- Author: Benjamin Du
- Date: 2021-12-11 17:21:56
- Modified: 2021-12-11 17:21:56
- Title: Control Number of Partitions of a DataFrame in Spark
- Slug: control-number-of-partitions-of-a-dataframe-in-spark
- Category: Computer Science
- Tags: Computer Science, programming, Spark, PySpark, big data, partition, repartition, maxPartitionBytes

**Things on this page are fragmentary and immature notes/thoughts of the author.
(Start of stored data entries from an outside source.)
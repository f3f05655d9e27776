// Totals as values.
ghost use Rattle.std.specs.Prelude.{◌≡◌};
ghost use Rattle.values.specs.TotalValues.{no_pence, same_total};
ghost use Rattle.values.specs.TotalLaws.{total_laws};

use crate::Value;
use crate::total::Total;

impl Total {
    pub fn new(pence: u64) -> Total
        ensures { result.pence ≡ pence }
    {
        Total { pence }
    }

    fn zero() -> Total
        ensures { result.pence ≡ 0 }
    {
        Total::new(0)
    }
}

impl Value for Total {
    ghost initial_value = { no_pence };

    ghost same = { same_total };

    ghost exact = { total_laws };

    fn initial() -> Total {
        Total::zero()
    }

    fn is_same(self, other: Total) -> bool {
        self == other
    }
}
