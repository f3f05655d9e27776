ghost use Rattle.std.specs.Prelude.{◌^◌, ◌<◌};

// A sum of money in pence.
#[derive(Clone, Copy, PartialEq, Eq, Debug)]
pub struct Total {
    pub pence: u64,
    ghost fits: { pence < 2 ^ 64 },
}
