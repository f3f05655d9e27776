// Price lines as values.
ghost use Rattle.std.specs.Prelude.{◌≡◌};
ghost use Rattle.values.specs.Prices.{same_float, same_bits, same_line};
ghost use Rattle.values.specs.declared.price_line.PriceLine.TheVariants.{Absent};
ghost use Rattle.values.specs.PriceLaws.{line_laws};

use crate::Value;

// What is known of a price.
#[derive(Clone, Copy, Debug)]
pub enum PriceLine {
    // no line yet
    Absent,
    // a price, which may be any float
    Quoted(f64),
    // the line is withdrawn
    Scratched,
}

fn bits_agree(x: f64, y: f64) -> bool
    ensures { result ≡ same_bits x y }
{
    match (x.is_nan(), y.is_nan()) {
        (true, true) => true,
        (false, false) => x.to_bits() == y.to_bits(),
        _ => false,
    }
}

// Whether two prices are equal: all that are not numbers are, and 0.0 and -0.0 are not.
pub fn same_price(x: f64, y: f64) -> bool
    ensures structural { result ≡ same_float x y }
    ensures by_bits { result ≡ same_bits x y }
{
    bits_agree(x, y)
}

// Kept: a derived == would go by the floats' own, which is not exact for 0.0 and for not a number.
impl Value for PriceLine {
    ghost initial_value = { Absent };

    ghost same = { same_line };

    ghost exact = { line_laws };

    fn initial() -> PriceLine {
        Self::Absent
    }

    fn is_same(self, other: PriceLine) -> bool {
        match (self, other) {
            (PriceLine::Absent, PriceLine::Absent) | (PriceLine::Scratched, PriceLine::Scratched) =>
                true,
            (PriceLine::Quoted(x), PriceLine::Quoted(y)) => same_price(x, y),
            _ => false,
        }
    }
}
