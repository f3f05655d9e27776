// Values that a register holds, with an equality that is exact.
#![tactic(auto)]

ghost use Rattle.std.specs.Prelude.{◌≡◌, Bool};
ghost use Rattle.values.specs.Laws.{ValueLaws};

pub mod price_line;
pub mod total;
pub mod total_value;

pub trait Value: Copy {
    // what a register holds before the first write
    ghost initial_value: { Self };

    // whether two values are equal
    ghost same: { Self → Self → Bool };

    fn initial() -> Self
        ensures { result ≡ initial_value };

    fn is_same(self, other: Self) -> bool
        ensures { result ≡ same self other };

    ghost exact: { ValueLaws same };
}
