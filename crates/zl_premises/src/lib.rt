//! From what the passes find of a flat form to the premises of the law of normal forms.
#![tactic(auto)]

pub mod laws;
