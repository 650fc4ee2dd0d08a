//! Laws of the definitions. Each is a function without a body, whose contract is the law.
ghost use Rattle.zl_premises.specs.Guards.{RanksGiveGuardRanks, RegularFormsKeepInits};
ghost use Rattle.zl_premises.specs.Lasts.{LastsAreKept};
ghost use Rattle.zl_premises.specs.Moving.{TableMoves, GradesKeepMoving};
ghost use Rattle.zl_premises.specs.Narrow.{DerivativesAreNarrow};
ghost use Rattle.zl_premises.specs.Starting.{GradesStartRight};
ghost use Rattle.zl_premises.specs.Whole.{GradesKeepFlows, MainFormsHavePremises, MainFormsKeepRuns};

/// By the table of grades what moves by a `der` doesn't stand still.
pub fn table_moves()
    ensures { TableMoves }
{}

/// A form whose grades are allowed keeps them, by a grading by which what moves by a `der` doesn't stand still.
pub fn grades_keep_moving()
    ensures { GradesKeepMoving }
{}

/// Such a form has no fault where a flow begins, if no step is demanded.
pub fn grades_start_right()
    ensures { GradesStartRight }
{}

/// Where `last` of a place stands in the copy of the place's call, it is evaluated only with that call.
pub fn lasts_are_kept()
    ensures { LastsAreKept }
{}

/// In runs of the main block alone each derivative that is evaluated is a number in the width, if it has a value.
pub fn derivatives_are_narrow()
    ensures { DerivativesAreNarrow }
{}

/// A regular form of the main block alone has no `init` in a copy that a condition or an event decides on.
pub fn regular_forms_keep_inits()
    ensures { RegularFormsKeepInits }
{}

/// From ranks of places and blocks there are ranks of entries in which whether an occurrence is evaluated is below its value.
pub fn ranks_give_guard_ranks()
    ensures { RanksGiveGuardRanks }
{}

/// A form of the main block alone whose grades are allowed keeps its flows.
pub fn grades_keep_flows()
    ensures { GradesKeepFlows }
{}

/// Such a form has what the law of normal forms asks of it.
pub fn main_forms_have_premises()
    ensures { MainFormsHavePremises }
{}

/// Each run of a normal form of such a form is one of the form.
pub fn main_forms_keep_runs()
    ensures { MainFormsKeepRuns }
{}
Please read with your own judgement!**

## Tips and Traps

1. `DataFrame.repartition` repartitions the DataFrame by **hash code** of each row. 
    If you specify a (multiple) column(s) (instead of number of partitions) 
    to the method `DataFrame.repartition`,
    then hash code of the column(s) are calculated for repartition. 
    In some situations,
    there are lots of hash conflictions 
    even if the total number of rows is small (e.g., a few thousand),
    which means that partitions generated might be skewed
    and causes a few long-running tasks. 
    If this ever happens, 
    it is suggested that you manually add a column
    which helps the hashing algoirthm. 
    Notice that an existing integer column in the DataFrame 
    is not necessarily a good column to repartition by 
    especially when those integers are big (e.g., u64)
    as hash code of those integers can easily conflicts. 
    It is best to add a column of random numbers 
    of a column of manually curated partition indexes
    and ask Spark to repartition based on that column.
    
2. By default, 
    Spark automatically merges several small files into one partition 
    when loading a HDFS table into a DataFrame. 
    The behavior is control by the parameter `spark.sql.files.maxPartitionBytes`.
    The default value for this option is 128M
    which means that Spark keeps reading small files into one partition of a DataFrame
    until reading another file makes the size of the partition exceedes 128M. 
    Generally speaking,
    you want to keep the default value for this setting 
    as it yields optimal performance for handling large data table. 
    However,
    if your Spark application deals with small data but is CPU intensive,
    it makes more sense to set a much smaller value for `spark.sql.files.maxPartitionBytes`
    so that there are more partitions generated and yield a higher level of parallelism.
    Of course,
    you can always repartition a DataFrame manually.